Nice dark eyes, beautiful coat, nice ear & tailset, nice flowing topline


----------



## Sashmom (Jun 5, 2002)

Im not expert either lol but love the face shots, shes beautiful!!


----------



## Stephanie17s (Jun 16, 2009)

She has a gorgeous face...I love it.


----------



## FourIsCompany (Jan 29, 2008)

Thanks for your thoughts! I do think she's pretty, too. It's rare I get a picture that captures her "look" but these face shots did.


----------



## Liesje (Mar 4, 2007)

I love her expression, pigment on the muzzle, shape and color of the eyes, and her ears.


----------



## lhczth (Apr 5, 2000)

She does have a very pretty expression. Her ear set is not bad. 

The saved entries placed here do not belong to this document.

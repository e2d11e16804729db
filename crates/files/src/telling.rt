// Why something failed, told on standard error.
use std::io;

// What the C library's words for a reason are followed by in std's.
const NUMBER: &str = " (os error ";

// Tells what failed and, after a colon, the system's reason. Nothing more can be done where that fails too.
pub(crate) fn tell(rt: &(impl Eprint + Alloc), what: &[u8], error: io::Error) {
    if tell_of(rt, what, error).is_err() {
        let _ = rt.eprintln(error);
    }
}

// The same; it fails where memory is out or standard error takes nothing. A byte that is no part of UTF-8 text is told as U+FFFD.
fn tell_of(rt: &(impl Eprint + Alloc), what: &[u8], error: io::Error) -> io::Result<()> {
    let what = String::from_utf8_lossy(rt.alloc(), what)?;
    let words = error.to_string(rt.alloc())?;
    let reason = reason_in(words.as_str());
    eprintln!(rt; "{what}: {reason}")
}

// The C library's words, without what std writes after them.
fn reason_in(words: &str) -> &str {
    match words.find(NUMBER) {
        Some(at) => &words[..at],
        None => words,
    }
}
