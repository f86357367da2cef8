// First fit by decreasing volume: from an order to its build, or to the task for which first fit runs out.
#![tactic(auto)]

mod records;
mod taking;

pub use records::first_fit;
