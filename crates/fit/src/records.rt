// The build that first fit records: the partitions, and each task's partition, rank and worst response.
ghost use Rattle.std.specs.Prelude.{◌≡◌, ℕ};
ghost use Rattle.model.specs.Rules.{WithinLimits};
ghost use Rattle.fit.specs.Recorded.{FitsFirst};
ghost use Rattle.fit.specs.Taking.{Recording, RecordsOf};

use crate::taking;
use model::{Build, Member, Order, Refusal};
use placing::TaskLine;

// Each task's record, zero past them.
fn records_of(line: &TaskLine) -> [Member; Order::MOST_TASKS]
    requires { Recording line.now }
    ensures { (so : Recording line.now) → RecordsOf line.now so result }
{
    let mut members = [Member::zero(); Order::MOST_TASKS];
    let mut first = 0;
    let mut home = 0;
    for (place, key) in line.keys[..line.placed].iter().enumerate() {
        // where another partition begins
        if roster::home_in(*key) != home {
            first = place;
            home = roster::home_in(*key);
        }
        let number = roster::number_in(*key);
        members[number] = Member {
            partition: home,
            rank: (place - first) as u32,
            response: line.results.worsts[number],
        };
    }
    members
}

// The order's build by first fit, or the task that was refused.
pub fn first_fit(order: Order) -> Result<Build, Refusal>
    requires { WithinLimits order }
    ensures { FitsFirst order result }
{
    let mut line = TaskLine::empty();
    let placing = taking::take_turns(&order, &mut line)?;
    let places = placing.places;
    let members = records_of(&line);
    Ok(Build {
        processors: order.processors,
        tasks: order.tasks,
        partitions: placing.opened,
        places,
        members,
    })
}
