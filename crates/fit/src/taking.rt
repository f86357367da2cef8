// The turns of first fit: each places the task whose turn it is, or refuses it.
ghost use Rattle.std.specs.Prelude.{◌≡◌, ◌≤◌, ◌<◌};
ghost use Rattle.model.specs.Limits.{most_tasks, most_partitions, most_processors};
ghost use Rattle.model.specs.Rules.{WithinLimits};
ghost use Rattle.fitting.specs.Steps.{opening, told};
ghost use Rattle.fit.specs.Taking.{Taking, Taken, AllTaken};

use asked::Rows;
use fitting::Placing;
use model::{CallCause, Order, Refusal};
use placing::TaskLine;

// A new partition for the task if so many processors are left, else its refusal.
fn open_for(order: &Order, placing: &Placing, task: usize) -> Result<Placing, Refusal>
    requires { (task < most_tasks) × (placing.now.opened < most_partitions) × (placing.now.used ≤ order.now.processors) × (order.now.processors ≤ most_processors) }
    ensures { result ≡ told (opening order.now placing.now task) }
{
    let width = order.table[task].width;
    if order.processors - placing.used < width {
        return Err(Refusal::OfCall(CallCause::FirstFit(task as u16)));
    }
    Ok(placing.open_next(width).put(task, placing.opened))
}

// The turn of one task.
fn take_turn(
    order: &Order,
    table: &Rows,
    placing: &Placing,
    line: &mut TaskLine,
) -> Result<Placing, Refusal>
    requires { Taking order.now table.now placing.now line.old }
    ensures { Taken order.now placing.now line.old result line.new }
{
    let Some(task) = turns::next_task(order, &placing.homes) else {
        return Ok(*placing);
    };
    let deadline = table.deadlines[task];
    if let Some(home) = line.lowest_accepting(table, task, placing.opened) {
        line.seat(home, deadline, task);
        return Ok(placing.put(task, home));
    }
    line.results.worsts[task] = table.costs[task];
    line.seat(placing.opened, deadline, task);
    open_for(order, placing, task)
}

// A turn for each task, or until one is refused; the line that they come to stand in.
pub fn take_turns(order: &Order, line: &mut TaskLine) -> Result<Placing, Refusal>
    requires { WithinLimits order.now }
    ensures { AllTaken order.now result line.new }
{
    let table = roster::row_table(*order);
    let mut placing = Placing::nothing();
    *line = TaskLine::empty();
    for _ in 0..order.tasks {
        placing = take_turn(order, &table, &placing, line)?;
    }
    Ok(placing)
}
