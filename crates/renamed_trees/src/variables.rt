//! What stands for each variable.

ghost use Rattle.std.specs.Prelude.{◌≡◌, get_or, None};
ghost use Rattle.renamed_trees.specs.Renamings.{named};

use rvt_tree::Variable;

/// What stands for the locals and for the objects.
#[derive(Clone, Copy)]
pub struct Renaming<'a> {
    /// The object that each local becomes, or `None` for one that stays. A local beyond the end stays.
    pub locals: &'a [Option<u32>],
    /// The number that each object gets. An object beyond the end keeps its own.
    pub objects: &'a [u32],
}

impl<'a> Renaming<'a> {
    pub fn name(&self, variable: Variable) -> Variable
        ensures { result ≡ named self.now variable }
    {
        match variable {
            Variable::Local(number) => match object_of(self.locals, number) {
                Some(object) => Variable::Object(object),
                None => variable,
            },
            Variable::Object(number) => Variable::Object(number_of(self.objects, number)),
        }
    }
}

fn object_of(objects: &[Option<u32>], local: u32) -> Option<u32>
    ensures { result ≡ get_or objects.now local None }
{
    let place = local as usize;
    if place < objects.len() {
        objects[place]
    } else {
        None
    }
}

fn number_of(numbers: &[u32], object: u32) -> u32
    ensures { result ≡ get_or numbers.now object object }
{
    let place = object as usize;
    if place < numbers.len() {
        numbers[place]
    } else {
        object
    }
}
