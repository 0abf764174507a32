//! Statements in which each variable stands under another name.

ghost use Rattle.std.specs.Prelude.{◌≡◌, option_map};
ghost use Rattle.rvt_tree.specs.Syntax.{no_statements, no_groups};
ghost use Rattle.rvt_tree.specs.Views.{expr_view, stmt_view, stmts_view, groups_view};
ghost use Rattle.renamed_trees.specs.RenamedTrees.{renamed, statement_renamed, statements_renamed, groups_renamed};
ghost use Rattle.renamed_trees.specs.Renamings.{named};
ghost use Rattle.renamed_trees.specs.TurnedLists.{statements_turned, groups_turned};

use crate::actions::{rename_action, rename_actions};
use crate::expressions::rename_expression;
use crate::initializers::rename_initializer;
use crate::turned::{turned_groups, turned_statements};
use crate::variables::Renaming;
use rvt_tree::{Expr, Groups, Stmt, Stmts};
use std::mem;

/// Makes each variable stand under its name of this renaming.
#[cycle(rename)]
pub fn rename(statement: &mut Stmt, renaming: &Renaming)
    ensures { stmt_view statement.new ≡ statement_renamed (named renaming.now) (stmt_view statement.old) }
{
    match statement {
        Stmt::Block(body) => rename_statements(body, renaming),
        Stmt::Empty => {}
        Stmt::Act(act) => rename_action(act, renaming),
        Stmt::Declare(variable) => *variable = renaming.name(*variable),
        Stmt::DeclareWith(variable, init) => {
            *variable = renaming.name(*variable);
            rename_initializer(init, renaming);
        }
        Stmt::Break => {}
        Stmt::Continue => {}
        Stmt::Return => {}
        Stmt::ReturnValue(e) => rename_expression(e, renaming),
        Stmt::If(test, first) => {
            rename_expression(test, renaming);
            rename(first, renaming);
        }
        Stmt::IfElse(test, first, second) => {
            rename_expression(test, renaming);
            rename(first, renaming);
            rename(second, renaming);
        }
        Stmt::While(_, test, body) => {
            rename_expression(test, renaming);
            rename(body, renaming);
        }
        Stmt::DoWhile(_, body, test) => {
            rename(body, renaming);
            rename_expression(test, renaming);
        }
        Stmt::For(_, first, test, last, body) => {
            rename_statements(first, renaming);
            rename_test(test, renaming);
            rename_actions(last, renaming);
            rename(body, renaming);
        }
        Stmt::Switch(e, groups) => {
            rename_expression(e, renaming);
            rename_groups(groups, renaming);
        }
    }
}

fn rename_test(test: &mut Option<Expr>, renaming: &Renaming)
    ensures { option_map expr_view test.new ≡ option_map (renamed (named renaming.now)) (option_map expr_view test.old) }
{
    match test {
        None => {}
        Some(test) => rename_expression(test, renaming),
    }
}

#[cycle(rename)]
#[tactic(auto, using(crate::proofs::TurnedTwice::statements_turned_twice))]
fn rename_statements(list: &mut Stmts, renaming: &Renaming)
    ensures { stmts_view list.new ≡ statements_renamed (named renaming.now) (stmts_view list.old) }
{
    let turned = taken_statements(list, renaming);
    *list = turned_statements(turned);
}

/// The statements, each renamed, from the last to the first; none is left.
#[cycle(rename)]
fn taken_statements(list: &mut Stmts, renaming: &Renaming) -> Stmts
    ensures { stmts_view result ≡ statements_turned (statements_renamed (named renaming.now) (stmts_view list.old)) no_statements }
{
    let mut done = Stmts::End;
    loop {
        match list {
            Stmts::End => return done,
            Stmts::More(statement, rest) => {
                rename(statement, renaming);
                let next = mem::replace(&mut **rest, done);
                done = mem::replace(list, next);
            }
        }
    }
}

#[cycle(rename)]
#[tactic(auto, using(crate::proofs::TurnedTwice::groups_turned_twice))]
fn rename_groups(list: &mut Groups, renaming: &Renaming)
    ensures { groups_view list.new ≡ groups_renamed (named renaming.now) (groups_view list.old) }
{
    let turned = taken_groups(list, renaming);
    *list = turned_groups(turned);
}

/// The groups, each renamed, from the last to the first; none is left.
#[cycle(rename)]
fn taken_groups(list: &mut Groups, renaming: &Renaming) -> Groups
    ensures { groups_view result ≡ groups_turned (groups_renamed (named renaming.now) (groups_view list.old)) no_groups }
{
    let mut done = Groups::End;
    loop {
        match list {
            Groups::End => return done,
            Groups::More(_, body, rest) => {
                rename_statements(body, renaming);
                let next = mem::replace(&mut **rest, done);
                done = mem::replace(list, next);
            }
        }
    }
}
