//! Actions in which each variable stands under another name.

ghost use Rattle.std.specs.Prelude.{◌≡◌, []};
ghost use Rattle.rvt_tree.specs.Views.{lvalue_view, expr_view, act_view, acts_view};
ghost use Rattle.renamed_trees.specs.RenamedTrees.{place_renamed, renamed, action_renamed, actions_renamed};
ghost use Rattle.renamed_trees.specs.Renamings.{named};
ghost use Rattle.renamed_trees.specs.TurnedLists.{actions_turned};

use crate::expressions::{rename_arguments, rename_expression, rename_place};
use crate::turned::turned_actions;
use crate::variables::Renaming;
use rvt_tree::{Act, Acts, Expr, Lvalue};
use std::mem;

pub fn rename_action(act: &mut Act, renaming: &Renaming)
    ensures { act_view act.new ≡ action_renamed (named renaming.now) (act_view act.old) }
{
    match act {
        Act::Evaluate(e) => rename_expression(e, renaming),
        Act::Call(_, arguments) => rename_arguments(arguments, renaming),
        Act::Discard(e) => rename_expression(e, renaming),
        Act::DiscardCall(_, arguments) => rename_arguments(arguments, renaming),
        Act::Assign(place, e) => rename_sides(place, e, renaming),
        Act::Update(_, place, _, e) => rename_sides(place, e, renaming),
        Act::Advance(place, e, _) => rename_sides(place, e, renaming),
        Act::Retreat(place, e, _) => rename_sides(place, e, renaming),
        Act::Bump(_, place) => rename_place(place, renaming),
        Act::BumpPointer(_, place, _) => rename_place(place, renaming),
    }
}

/// What is changed, and the operand at its right.
fn rename_sides(place: &mut Lvalue, e: &mut Expr, renaming: &Renaming)
    ensures place { lvalue_view place.new ≡ place_renamed (named renaming.now) (lvalue_view place.old) }
    ensures operand { expr_view e.new ≡ renamed (named renaming.now) (expr_view e.old) }
{
    rename_place(place, renaming);
    rename_expression(e, renaming);
}

#[tactic(auto, using(crate::proofs::TurnedTwice::actions_turned_twice))]
pub fn rename_actions(list: &mut Acts, renaming: &Renaming)
    ensures { acts_view list.new ≡ actions_renamed (named renaming.now) (acts_view list.old) }
{
    let turned = taken_actions(list, renaming);
    *list = turned_actions(turned);
}

/// The actions, each renamed, from the last to the first; none is left.
fn taken_actions(list: &mut Acts, renaming: &Renaming) -> Acts
    ensures { acts_view result ≡ actions_turned (actions_renamed (named renaming.now) (acts_view list.old)) [] }
{
    let mut done = Acts::End;
    loop {
        match list {
            Acts::End => return done,
            Acts::More(act, rest) => {
                rename_action(act, renaming);
                let next = mem::replace(&mut **rest, done);
                done = mem::replace(list, next);
            }
        }
    }
}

Good withers, but then has a very obvious dip behind the withers that makes the rest of her topline look a bit roachy. Croup is rather steep and short. Very good angulation front and rear. I would like to see tighter feet. I think the coat is what makes her head look a bit small.


----------



## sitstay (Jan 20, 2003)

Who is her sire? I think she may be a half-sister to my Tanner.
Sheilah


----------



## FourIsCompany (Jan 29, 2008)

Her Sire is Wotan V TeMar. I have her half-brother, Jaia. I LOVE finding siblings!


----------



## sitstay (Jan 20, 2003)

Yup, Tanner is a half-brother! His sire is Wotan, too. I posted a couple of pictures of Tanner in the photo section just a couple of days ago.
Kathy is right. There is no mistaking that TeMar look.
Sheilah


----------



## Kayos and Havoc (Oct 17, 2002)

Hey what a small family. Havoc and Tanner are half brothers through thier dam!


----------



## Cassidy's Mom (Mar 30, 2003)

I don't know a thing about conformation, but I love her face!


----------



## WiscTiger (Sep 25, 2002)

Nice female, she has a lot of bone and her head is very feminine which is a bit unusual for big boned females. Most big boned females have a doggie head.

Nice expression. 

I see the dip Lisa is talking about, but it could be the way the coat is laying or growing.


----------



## FourIsCompany (Jan 29, 2008)

I took these the other day and I don't think that dip is showing... I could be wrong. In the pictures in the first post, the shadow of the awning is going right down the middle of her back. That might have something to do with it. 



















She is big (tall). She's taller than Jaia but weighs 15 lbs less.


----------



## lhczth (Apr 5, 2000)

The first photo there is still a slight dip. The second she doesn't show a dip, but now she has no withers at all.







I also still see a slight bit of a roach over her topline.


----------